We are dying; send the blessing of the rain!"


     At sunrise the first beams fall like a living touch. Out of a sky brazed with dust the heat leaps on the land like some giant cat of the desert. Every day a dazzling pageant of phantom imagery wrought in silver and pearl rises over the smoke of the city, and climbs till it fills the sky; glows and flushes in the light of sunset and is touched by moondawn to indescribable ghostly beauty. But before morning they vanish utterly away.

     Only round the faithful fountain there is coolness and glad green growth, and the splashing of uncounted little wings.

     "Why so silent, Sparrow? You look sad," said the Gray Pigeon, missing the continual stream of argumentative chatter than usually accompanies the Sparrow's presence.

     "You would look sad if you saw friends of your race perishing slowly before the eyes of those who could save them and will not," lamented the Sparrow.

     "What friends? I took you for a creature utterly independent of all relations, Sparrow."

     "I am not dependent upon man or beast; but I am upon the Fireman's basin, and on the food and shelter supplied me by the Trees," replied the little materialist. "It is the Trees, the Trees that are dying! Oh, not on this square," in answer to the Pigeon's startled glance at those in the courthouse yard and on Georgia avenue, "nor not everywhere by any means; but along streets where their roots are cramped and bruised and tortured by the stone and brickwork of man's devising.

     "Some builders make no allowance for the life that is in the street but run their rigid angles of masonry against its veined and breathing body as if it were a stark pillar of dead wood.

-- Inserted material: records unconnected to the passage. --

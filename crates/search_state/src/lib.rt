//! What a search keeps: the trail with the place of each variable on it, which clauses watch which
//! literals, and a shelf of the entries that were set aside.
#![tactic(auto)]

mod beginning;
mod placed;
mod propagation;
mod shelf;
mod watches;

pub use beginning::{NO_LITERAL, Standing, standing_of};
pub use placed::PlacedTrail;
pub use shelf::{Card, Shelf};
pub use watches::{Pair, Watcher, Watches};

     "Fortunately not all are so stupid. On some streets a sufficient space--three or four feet--is allowed for growth and the eccentricities of the spreading roots. The sidewalk suffers nothing in consequence, being still left a width ample for all purposes likely to arise in that part of town. The trees here stand green and flourishing, able to resist any ordinary drought. But there are other residence streets whose attractiveness depends largely on the green arch of interwoven boughs that almost spans them, where for whole blocks not a tree is blessed with an inch of growing room. The bricks and asphalt or paving blocks are laid quite up against the bark, into which they cut deeper and deeper as the tree grows, finally girdling it--and always telling against its efforts to live through a time like this. Sometimes for several feet around the bricks are tilted this way and that, thrust upward in a pitiful attempt to push them out of the way. In one place on Oak street a tree is quite dead, and three beside it are showing an ever larger proportion of leafless boughs.

     "One magnificent elm on the east side, with graceful spread and droop of boughs that is simply beyond valuation to the property fronting it, had the misfortune to be placed on the wrong side of the walk, next the fence. You would suppose that builders might welcome so graceful a deviation from the terrible angular precision of the city pattern; but no, they could not plan a gate and walk anywhere but exactly in the middle of the yard and before the central front door of the house. The sacred geometrical symmetry of the traditional front yard could no more be altered than the laws of the Medes and the Persians, or the instinctive hexagonal cell-pattern of the bee. So the roots were cruelly cut and bound by the stone curbing and gate post, that the rule might be satisfied. If the tree dies the folks will probably ascribe it to some mysterious blight.

     "People seem to think," added the Fireman, "that a tree does not feel the weather and can survive any conditions--in spite of the country saying that you must not walk three times around a chestnut. They do not perish so readily as the little shrubs and groundling grasses, it is true, but they grow rapidly during a wet year, and fall back on their reserves during a season of scant moisture.

     "Hence a section cut across the grain of a tree so as to show the concentric circles of its growth is a real meteorological records of the years it has lived, a wide ring representing a year of accelerated growth during heavy rainfall, and a narrow one showing that little was accomplished in that year. The tree has enough to do to keep alive in a cycle of drought like the present."